SQS - it is a message queue service used by distributed applications to exchange messages through a polling model, and can be used to decouple sending and receiving components.
A common pattern is to use SNS to publish messages to Amazon SQS queues to reliably send messages to one or many system components asynchronously.
Reference from Amazon SNS FAQs.
One reason for coupling SQS and SNS would be for data processing pipelines.
Let's say you are generating three kinds of product, and that products B & C are both derived from the same intermediate product A. For each kind of product (i.e., for each segment of the pipeline) you set up:
a compute resource (maybe a lambda function, or a cluster of virtual machines, or an autoscaling kubernetes job) to generate the product.
a queue (describing units of work that need to be performed) to partition the work across the compute resource (so that each unit of work is processed exactly once, but separate units of work can be processed separately in parallel and asynchronously with each other).
a news feed (announcing outputs that have been produced).
Then arrange so that the input queues for B & C are both subscribing to the output announcements of A.
This makes the pipeline modular on the level of infrastructure. Rather than having a monolithic server application that generates all three products together, different stages of the pipeline can utilise different hardware resources (for example, perhaps stage B is very memory intensive, but the two other stages can be performed with cheaper hardware/services). This also makes it easier to iterate on the development of one pipeline segment without disrupting delivery of the other products.

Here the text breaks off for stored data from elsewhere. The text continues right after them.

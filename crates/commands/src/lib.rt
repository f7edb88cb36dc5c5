//! What the commands make of the files that they name: summaries, recordings, caught runs, reports, views, traces and
//! dialogues.
//!
//! `check`, `record`, `hunt`, `replay`, `view` and `trace` answer what is so of the bytes that the files hold
//! (`checked`, `recorded`, `hunted`, `replayed`, `viewed`, `traced`), or the first fault in the order of the files
//! (`refused`); `Fault::text` is its line. `debug` and `adapt` write such answers as commands or requests come
//! (`done`, `stopped`). Through
//! `Files` they read; `MemoryFiles` are exact ones.
#![tactic(auto)]

mod adapter_command;
mod check_command;
mod debug_command;
mod fault;
mod files;
mod gathered;
mod hunt_answers;
mod hunt_command;
mod hunt_schedules;
mod hunt_surveys;
mod made_runs;
mod memory;
mod program;
mod quotes;
mod record_answer;
mod record_command;
mod replay_command;
mod run_notes;
mod schedule_file;
mod signs;
mod stopped;
mod texts;
mod thread_runs;
mod trace_command;
mod view_command;

pub use adapter::FrameFault;
pub use adapter_command::adapt;
pub use check_command::check;
pub use debug_command::debug;
pub use fault::Fault;
pub use files::{FileFault, FileState, Files, InputFile};
pub use gathered::{ReplayInput, read_replay_input};
pub use hunt_command::hunt;
pub use made_runs::PROGRESS;
pub use memory::{MemoryFile, MemoryFiles};
pub use program::Program;
pub use quotes::{ImportNames, Quote, import_names, plan_quote, schedule_quote};
pub use record_answer::RecordAnswer;
pub use record_command::record;
pub use replay_command::replay;
pub use run_notes::notes_by;
pub use texts::skipped_text;
pub use trace_command::trace;
pub use view_command::view;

There are some key distinctions between SNS and SQS:
SNS supports A2A and A2P communication, while SQS supports only A2A
communication.
SNS is a pub/sub system, while SQS is a queuing system. You'd
typically use SNS to send the same message to multiple consumers via
topics. In comparison, in most scenarios, each message in an SQS
queue is processed by only one consumer. With SQS, messages are
delivered through a long polling (pull) mechanism, while SNS uses a
push mechanism to immediately deliver messages to subscribed
endpoints.
SNS is typically used for applications that need real time
notifications, while SQS is more suited for message processing use
cases.
SNS does not persist messages - it delivers them to subscribers that
are present, and then deletes them. In comparison, SQS can persist
messages (from 1 minute to 14 days).
Individually, Amazon SQS and SNS are used for different use cases. You can, however, use them together in some scenarios.